[Stored data]

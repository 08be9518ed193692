//! What holds of parts, their terms, a sink's file and a mixer's sum, stated on functions that do nothing.

ghost use Rattle.std.specs.Prelude.{◌≡◌, ℕ, ◌*◌, ◌≤◌, List, ◌++◌, length, take, Option, Some};
ghost use Rattle.std.specs.List.{AllByRecursion};
ghost use Rattle.omx_types.specs.declared.format.Format.{Format};
ghost use Rattle.omx_types.specs.declared.kind.Kind.{Kind};
ghost use Rattle.omx_types.specs.Formats.{IsWithinLimits, frame_bytes_of};
ghost use Rattle.part_forms.specs.Writing.{written};
ghost use Rattle.part_api.specs.Streams.{Incoming};
ghost use Rattle.part_api.specs.declared.attached.Attached.{Attached};
ghost use Rattle.part_api.specs.Terms.{Terms, Writing};
ghost use Rattle.audio_parts.specs.AnyParts.{file_of};
ghost use Rattle.audio_parts.specs.Shown.{shown_by};
ghost use Rattle.audio_parts.specs.Kinds.{MayHave, default_terms, with_factor, with_file, with_format};
ghost use Rattle.part_forms.specs.Mixing.{Reach, mixed_bytes, with_zeros};
ghost use Rattle.audio_parts.specs.Ready.{AreFitting};
ghost use Rattle.audio_parts.specs.Shapes.{HasFramesOf, IsLawful};
ghost use Rattle.part_forms.specs.Shapes.{shape_of};
ghost use Rattle.part_forms.specs.Sinking.{fresh, writes_of};
ghost use Rattle.audio_parts.specs.WholeFiles.{IsUnwritten, IsOfWholeFrames, Piece, WroteAll, bytes_in, frames_in, text_of};

use crate::any_part::AnyPart;
use outside_io::{Sink, Source};
use part_api::Part;

/// What a part does is told by what its owner set. The call does nothing.
pub fn shape_by_terms<S: Source, K: Sink>(part: &AnyPart<S, K>)
    ensures { ⟦<AnyPart<S, K> as Part>⟧.shape part.now ≡ shape_of (⟦<AnyPart<S, K> as Part>⟧.terms part.now) }
{
    match part {
        AnyPart::Source(_) => {}
        AnyPart::Decoder(_) => {}
        AnyPart::Encoder(_) => {}
        AnyPart::Gain(_) => {}
        AnyPart::Mixer(_) => {}
        AnyPart::Splitter(_) => {}
        AnyPart::Sink(_) => {}
    }
}

/// What is shown of a part is what its members tell. The call does nothing.
pub fn law_of_shown<S: Source, K: Sink>(part: &AnyPart<S, K>)
    ensures terms { (shown_by S.told K.told K.name part.now).terms ≡ ⟦<AnyPart<S, K> as Part>⟧.terms part.now }
    ensures failed { (shown_by S.told K.told K.name part.now).failed ≡ ⟦<AnyPart<S, K> as Part>⟧.failed part.now }
    ensures left { (shown_by S.told K.told K.name part.now).left ≡ ⟦<AnyPart<S, K> as Part>⟧.left part.now }
    ensures rest { (shown_by S.told K.told K.name part.now).rest ≡ ⟦<AnyPart<S, K> as Part>⟧.rest part.now }
    ensures kept { (shown_by S.told K.told K.name part.now).kept ≡ ⟦<AnyPart<S, K> as Part>⟧.kept part.now }
    ensures writing { (shown_by S.told K.told K.name part.now).writing ≡ ⟦<AnyPart<S, K> as Part>⟧.writing part.now }
    ensures file { (shown_by S.told K.told K.name part.now).file ≡ file_of part.now }
{
    match part {
        AnyPart::Source(_) => {}
        AnyPart::Decoder(_) => {}
        AnyPart::Encoder(_) => {}
        AnyPart::Gain(_) => {}
        AnyPart::Mixer(_) => {}
        AnyPart::Splitter(_) => {}
        AnyPart::Sink(_) => {}
    }
}

/// A new part's terms are lawful, and each that may be set keeps them so. The call does nothing.
pub fn lawful_terms()
    ensures new { (kind : Kind) → IsLawful (default_terms kind) }
    ensures format { (terms : Terms) (port : ℕ) (format : Format) → IsLawful terms → MayHave terms port format → IsLawful (with_format terms port format) }
    ensures factor { (terms : Terms) (input factor : ℕ) → IsLawful terms → IsLawful (with_factor terms input factor) }
    ensures file { (terms : Terms) (file : Option Attached) → IsLawful terms → IsLawful (with_file terms file) }
{}

/// Where lawful formats fit, the frames of each port are those of its format. The call does nothing.
pub fn frames_by_format()
    ensures { (terms : Terms) → IsLawful terms → AreFitting terms.kind (terms.inputs ++ terms.outputs) → HasFramesOf terms.inputs terms.outputs (shape_of terms) }
{}

/// What a part writes in a step is told by how far its writing has come. The call does nothing.
pub fn writes_by_writing<S: Source, K: Sink>(part: &AnyPart<S, K>)
    ensures { (incoming : Incoming) → ⟦<AnyPart<S, K> as Part>⟧.writes part.now incoming ≡ writes_of (⟦<AnyPart<S, K> as Part>⟧.writing part.now) (incoming.input 0) }
{}

/// However frames are cut into steps, what these write of a new file is the head, once, the frames up to the planned
/// number, and one zero byte behind the last where their bytes are odd. As soon as all planned frames were given, that is
/// the one file of these. The call does nothing.
pub fn law_of_writing()
    ensures new { (name : List ℕ) (format : Format) (planned : ℕ) → IsUnwritten (fresh name format planned) }
    ensures text { (before : Writing) (after : Option Writing) (pieces : List Piece) (text : List ℕ) → IsUnwritten before
        → AllByRecursion (IsOfWholeFrames before.format) pieces → WroteAll (Some before) pieces text after
        → text ≡ text_of before.format before.planned pieces }
    ensures whole { (before : Writing) (after : Option Writing) (pieces : List Piece) (text : List ℕ) → IsUnwritten before
        → AllByRecursion (IsOfWholeFrames before.format) pieces → WroteAll (Some before) pieces text after
        → IsWithinLimits before.format → 1 ≤ length pieces → before.planned ≤ frames_in pieces
        → text ≡ written before.format (take (before.planned * frame_bytes_of before.format) (bytes_in pieces)) }
{}

/// A mixer's plain function of inputs of different lengths is that of the inputs with zeros behind them, by which all have
/// one size, and an input that has it without. Of whole samples it gives so many bytes. The call does nothing.
pub fn law_of_padding()
    ensures same { (weights : List ℕ) (size : ℕ) (zeros : ℕ → ℕ) (input : ℕ → List ℕ) → Reach weights size zeros input
        → mixed_bytes weights (with_zeros zeros input) ≡ mixed_bytes weights input }
    ensures long { (weights : List ℕ) (count : ℕ) (zeros : ℕ → ℕ) (input : ℕ → List ℕ) → Reach weights (count * 2) zeros input
        → length (mixed_bytes weights input) ≡ count * 2 }
{}
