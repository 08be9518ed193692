//! The part of a WAV source: its file comes and goes, and a step reads the next frames of it.

ghost use Rattle.std.specs.Prelude.{◌≡◌, ◌+◌, ◌*◌, ◌<◌, ◌≤◌, true, false, [], length, vec_len, option_map, IfOk, None, Some};
ghost use Rattle.std.specs.Option.{ForSome};
ghost use Rattle.omx_types.specs.Formats.{IsWithinLimits, frame_bytes_of};
ghost use Rattle.audio_parts.specs.Causes.{ReadCause};
ghost use Rattle.audio_parts.specs.FileParts.{source_terms};
ghost use Rattle.audio_parts.specs.Objects.{BothOrNone, OnBoth, ReadStays, SourceShows, SourceStays, StaysUnfailed};
ghost use Rattle.part_api.specs.Streams.{Incoming};
ghost use Rattle.part_forms.specs.Files.{sourcing, rest_of, none_left};
ghost use Rattle.audio_parts.specs.Ready.{IsReady};
ghost use Rattle.audio_parts.specs.Registers.{front_of};

use crate::OutOfMemory;
use crate::source_file::SourceFile;
use omx_types::{Format, PartFault};
use outside_io::Source;
use part_api::Part;
use std::alloc::Global;

/// The frames of a file, where it has one.
#[derive(Drop)]
pub struct WavSource<S: Source> {
    /// It tells its file's format while it runs.
    late: bool,
    file: Option<SourceFile<S>>,
    /// The format of its output.
    format: Format,
    register: Vec<u8>,
    /// The frames of the step, and their bytes.
    frames: u32,
    length: usize,
    /// They are still to be read.
    due: bool,
    /// A step answered a fault.
    failed: bool,
    ghost lawful: { IsWithinLimits format },
    ghost there: { ForSome file (λ it. it.next + it.left * frame_bytes_of it.format ≤ S.size it.source) },
    ghost room: { vec_len register ≡ 8192 },
    ghost whole: { length ≡ frames * frame_bytes_of format },
    ghost small: { length ≤ 8192 },
    ghost enough: { due ≡ true → frames ≤ none_left (option_map (λ it. it.left) file) },
    ghost unfailed: { due ≡ true → failed ≡ false },
    ghost agrees: { due ≡ true → ForSome file (λ it. it.format ≡ format) },
    ghost placed: { failed ≡ false → ForSome file (λ it. it.next ≡ S.offset it.source) },
}

impl<S: Source> WavSource<S> {
    /// A source without a file.
    pub(crate) fn new(
        alloc: Global,
        late: bool,
        format: Format,
    ) -> Result<WavSource<S>, OutOfMemory>
        requires { IsWithinLimits format }
        ensures late { IfOk result (λ part. part.late ≡ late) }
        ensures file { IfOk result (λ part. part.file ≡ None) }
        ensures format { IfOk result (λ part. part.format ≡ format) }
        ensures failed { IfOk result (λ part. part.failed ≡ false) }
    {
        let register = vec![in alloc; 0; 8192]?;
        Ok(WavSource {
            late,
            file: None,
            format,
            register,
            frames: 0,
            length: 0,
            due: false,
            failed: false,
        })
    }

    /// Gives up a step that was begun.
    fn give_up(&mut self)
        ensures due { self.new.due ≡ false }
        ensures frames { self.new.frames ≡ 0 }
        ensures length { self.new.length ≡ 0 }
        ensures file { self.new.file ≡ self.old.file }
        ensures late { self.new.late ≡ self.old.late }
        ensures format { self.new.format ≡ self.old.format }
        ensures failed { self.new.failed ≡ self.old.failed }
    {
        self.due = false;
        self.frames = 0;
        self.length = 0;
    }

    /// Sets the format of its output. A step that was begun is given up.
    pub(crate) fn set_format(&mut self, format: Format)
        requires { IsWithinLimits format }
        ensures late { self.new.late ≡ self.old.late }
        ensures format { self.new.format ≡ format }
        ensures file { self.new.file ≡ self.old.file }
        ensures failed { self.new.failed ≡ self.old.failed }
    {
        self.give_up();
        self.format = format;
    }

    /// Gives it a file, from where that stands. A step that was begun is given up.
    pub(crate) fn attach(&mut self, source: S, format: Format, frames: u64)
        requires free { self.old.file ≡ None }
        requires there { S.offset source + frames * frame_bytes_of format ≤ S.size source }
        ensures file { self.new.file ≡ Some (record { source = source; format = format; attached = frames; left = frames; next = S.offset source }) }
        ensures late { self.new.late ≡ self.old.late }
        ensures format { self.new.format ≡ self.old.format }
        ensures failed { self.new.failed ≡ self.old.failed }
    {
        self.give_up();
        match self.file.replace(SourceFile::new(source, format, frames)) {
            None => {}
            Some(_) => unreachable!(),
        }
    }

    /// Takes its file away. A step that was begun is given up.
    pub(crate) fn detach(&mut self) -> Option<SourceFile<S>>
        ensures value { result ≡ self.old.file }
        ensures file { self.new.file ≡ None }
        ensures late { self.new.late ≡ self.old.late }
        ensures format { self.new.format ≡ self.old.format }
        ensures failed { self.new.failed ≡ self.old.failed }
    {
        self.give_up();
        self.file.take()
    }

    /// The bytes of a frame of its port.
    pub(crate) fn frame(&self) -> usize
        ensures { result ≡ frame_bytes_of self.now.format }
    {
        self.format.frame_bytes() as usize
    }

    /// What the register carries of a step has its bytes. The call does nothing.
    pub(crate) fn reads_whole(&self)
        ensures { (incoming : Incoming) → ⟦<WavSource<S> as Part>⟧.carries self.now incoming → length incoming.file ≡ self.now.length }
    {
        // The proof learns from it what always holds of the register.
        let _ = &self.register;
    }

    /// Its file, at its end.
    pub(crate) fn into_file(self) -> Option<SourceFile<S>>
        ensures { result ≡ self.file }
    {
        let WavSource {
            late: _,
            file,
            format: _,
            register: _,
            frames: _,
            length: _,
            due: _,
            failed: _,
        } = self;
        file
    }

    /// The frames that it hasn't given yet.
    pub(crate) fn left(&self) -> u64
        ensures { result ≡ none_left (option_map (λ it. it.left) self.now.file) }
    {
        match &self.file {
            Some(file) => file.left,
            None => 0,
        }
    }
}

impl<S: Source> Part for WavSource<S> {
    ghost shape = { λ part. sourcing part.format };

    ghost sizes = { λ part. record { frames = part.frames; input = 0; output = part.length } };

    ghost carries = { λ part incoming. front_of part.due part.length part.register.items ≡ incoming.file };

    ghost terms = { λ part. source_terms part.late part.format part.file };

    ghost failed = { λ part. part.failed };

    ghost is_ready = { λ part. IsReady (source_terms part.late part.format part.file) part.failed };

    // It has no input, as `AnyPart` says; a call for one is harmless.
    ghost can_take = { λ part input. Unit {0} };

    ghost can_put = { λ part output. (output < 1) × (part.due ≡ false) × (part.failed ≡ false) };

    ghost can_step = { λ part. part.due ≡ true };

    ghost rest = { λ part. elim part.file [ Some it ↦ rest_of (S.told it.source) it.next (it.left * frame_bytes_of it.format) | None ↦ Some [] ] };

    ghost left = { λ part. Some (none_left (option_map (λ it. it.left) part.file)) };

    ghost kept = { λ part. None };

    ghost writing = { λ part. None };

    ghost writes = { λ part incoming. [] };

    ghost has_cause = { λ old new. ReadCause (λ it. S.size it.source) (λ it. S.ends it.source) (λ it. it.next) (λ it. S.faults it.source) old.file new.file };

    ghost keeps = { λ old new. StaysUnfailed old.failed new.failed × BothOrNone (ReadStays (SourceStays S.name S.size S.told S.ends S.offset S.faults new.failed)) old.file new.file };

    ghost shows = { λ old new fault. (old.failed ≡ false) × OnBoth (λ before now. SourceShows S.size S.ends S.offset S.faults fault before.source now.source) old.file new.file };

    fn begin(&mut self, frames: u32) {
        self.frames = frames;
        self.length = (frames * self.format.frame_bytes()) as usize;
        self.due = true;
    }

    fn take(&mut self, _input: u32, _piece: &[u8]) {}

    fn step(&mut self) -> Option<PartFault> {
        let Some(file) = &mut self.file else {
            self.due = false;
            return None;
        };
        match file.give(self.frames, &mut self.register, self.length) {
            Ok(()) => {
                self.due = false;
                None
            }
            Err(fault) => {
                self.due = false;
                self.failed = true;
                Some(fault)
            }
        }
    }

    fn put(&mut self, _output: u32, piece: &mut [u8]) {
        piece.copy_from_slice(&self.register[..self.length]);
    }

    fn joins(&self) {}
}
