//! The names of a graph's components and of their ports.

ghost use Rattle.std.specs.Prelude.{◌≡◌};

/// Names a component of a graph. The generation is the component's number: how many handles the graph
/// had given before, so a handle that was freed never names a later component of its slot.
#[derive(Clone, Copy, Debug, PartialEq, Eq)]
pub struct Handle {
    pub slot: u64,
    pub generation: u64,
}

impl Handle {
    /// A handle that resolves in no graph.
    pub fn none() -> Handle
        ensures slot { result.slot ≡ u64.MAX }
        ensures generation { result.generation ≡ u64.MAX }
    {
        Handle {
            slot: u64::MAX,
            generation: u64::MAX,
        }
    }
}

/// A port of a component: inputs are numbered from 0, then come the outputs.
#[derive(Clone, Copy, Debug, PartialEq, Eq)]
pub struct PortId {
    pub handle: Handle,
    pub index: u32,
}
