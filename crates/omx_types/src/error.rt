//! Errors of the integration layer, their numbers and names, and why a call that may want memory is refused.

ghost use Rattle.std.specs.Prelude.{◌≡◌};

use std::alloc::AllocError;
use std::{error, fmt};
use thiserror::Error;

/// The errors of the integration layer (OpenMAX IL 1.1.2, `OMX_ERRORTYPE`), those that this core answers or tells.
#[derive(Clone, Copy, Debug, PartialEq, Eq)]
pub enum OmxError {
    InsufficientResources,
    InvalidComponentName,
    ComponentNotFound,
    InvalidComponent,
    BadParameter,
    Hardware,
    InvalidState,
    StreamCorrupt,
    PortsNotCompatible,
    ResourcesLost,
    VersionMismatch,
    NotReady,
    SameState,
    ResourcesPreempted,
    IncorrectStateTransition,
    IncorrectStateOperation,
    UnsupportedSetting,
    UnsupportedIndex,
    BadPortIndex,
    PortUnpopulated,
}

impl OmxError {
    ghost use Rattle.omx_types.specs.Numbers.{error_number};
    ghost use Rattle.omx_types.specs.Names.{error_name};

    /// The number that the standard gives the error.
    pub fn number(self) -> u32
        ensures { result ≡ error_number self }
    {
        match self {
            OmxError::InsufficientResources => 0x8000_1000,
            OmxError::InvalidComponentName => 0x8000_1002,
            OmxError::ComponentNotFound => 0x8000_1003,
            OmxError::InvalidComponent => 0x8000_1004,
            OmxError::BadParameter => 0x8000_1005,
            OmxError::Hardware => 0x8000_1009,
            OmxError::InvalidState => 0x8000_100A,
            OmxError::StreamCorrupt => 0x8000_100B,
            OmxError::PortsNotCompatible => 0x8000_100C,
            OmxError::ResourcesLost => 0x8000_100D,
            OmxError::VersionMismatch => 0x8000_100F,
            OmxError::NotReady => 0x8000_1010,
            OmxError::SameState => 0x8000_1012,
            OmxError::ResourcesPreempted => 0x8000_1013,
            OmxError::IncorrectStateTransition => 0x8000_1017,
            OmxError::IncorrectStateOperation => 0x8000_1018,
            OmxError::UnsupportedSetting => 0x8000_1019,
            OmxError::UnsupportedIndex => 0x8000_101A,
            OmxError::BadPortIndex => 0x8000_101B,
            OmxError::PortUnpopulated => 0x8000_101C,
        }
    }

    /// The standard's name of the error, without its prefix.
    pub fn name(self) -> &'static str
        ensures { result.now ≡ error_name self }
    {
        match self {
            OmxError::InsufficientResources => "InsufficientResources",
            OmxError::InvalidComponentName => "InvalidComponentName",
            OmxError::ComponentNotFound => "ComponentNotFound",
            OmxError::InvalidComponent => "InvalidComponent",
            OmxError::BadParameter => "BadParameter",
            OmxError::Hardware => "Hardware",
            OmxError::InvalidState => "InvalidState",
            OmxError::StreamCorrupt => "StreamCorrupt",
            OmxError::PortsNotCompatible => "PortsNotCompatible",
            OmxError::ResourcesLost => "ResourcesLost",
            OmxError::VersionMismatch => "VersionMismatch",
            OmxError::NotReady => "NotReady",
            OmxError::SameState => "SameState",
            OmxError::ResourcesPreempted => "ResourcesPreempted",
            OmxError::IncorrectStateTransition => "IncorrectStateTransition",
            OmxError::IncorrectStateOperation => "IncorrectStateOperation",
            OmxError::UnsupportedSetting => "UnsupportedSetting",
            OmxError::UnsupportedIndex => "UnsupportedIndex",
            OmxError::BadPortIndex => "BadPortIndex",
            OmxError::PortUnpopulated => "PortUnpopulated",
        }
    }
}

impl fmt::Display for OmxError {
    fn fmt<W: fmt::Write>(&self, f: &mut fmt::Formatter<W>) -> fmt::Result {
        f.write_str(self.name())
    }
}

impl error::Error for OmxError {}

/// Why a call that may want memory was refused.
#[derive(Clone, Copy, Debug, PartialEq, Eq, Error)]
pub enum CallError {
    #[error(transparent)]
    Omx(OmxError),
    #[error("out of memory")]
    OutOfMemory,
}

impl From<OmxError> for CallError {
    ghost use Rattle.omx_types.specs.declared.error.CallError.TheVariants.{Omx};

    ghost from_gives = { λ e c. c ≡ Omx e };

    fn from(error: OmxError) -> CallError {
        CallError::Omx(error)
    }
}

impl From<AllocError> for CallError {
    ghost use Rattle.omx_types.specs.declared.error.CallError.TheVariants.{OutOfMemory};

    ghost from_gives = { λ _ c. c ≡ OutOfMemory };

    fn from(_error: AllocError) -> CallError {
        CallError::OutOfMemory
    }
}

◆ **HOW TO COMPLETE THIS TASK**
Your answer should consist of all lines above that include the string "enum".

◆ **SOLVED PROBLEM**
pub enum OmxError {
pub enum CallError {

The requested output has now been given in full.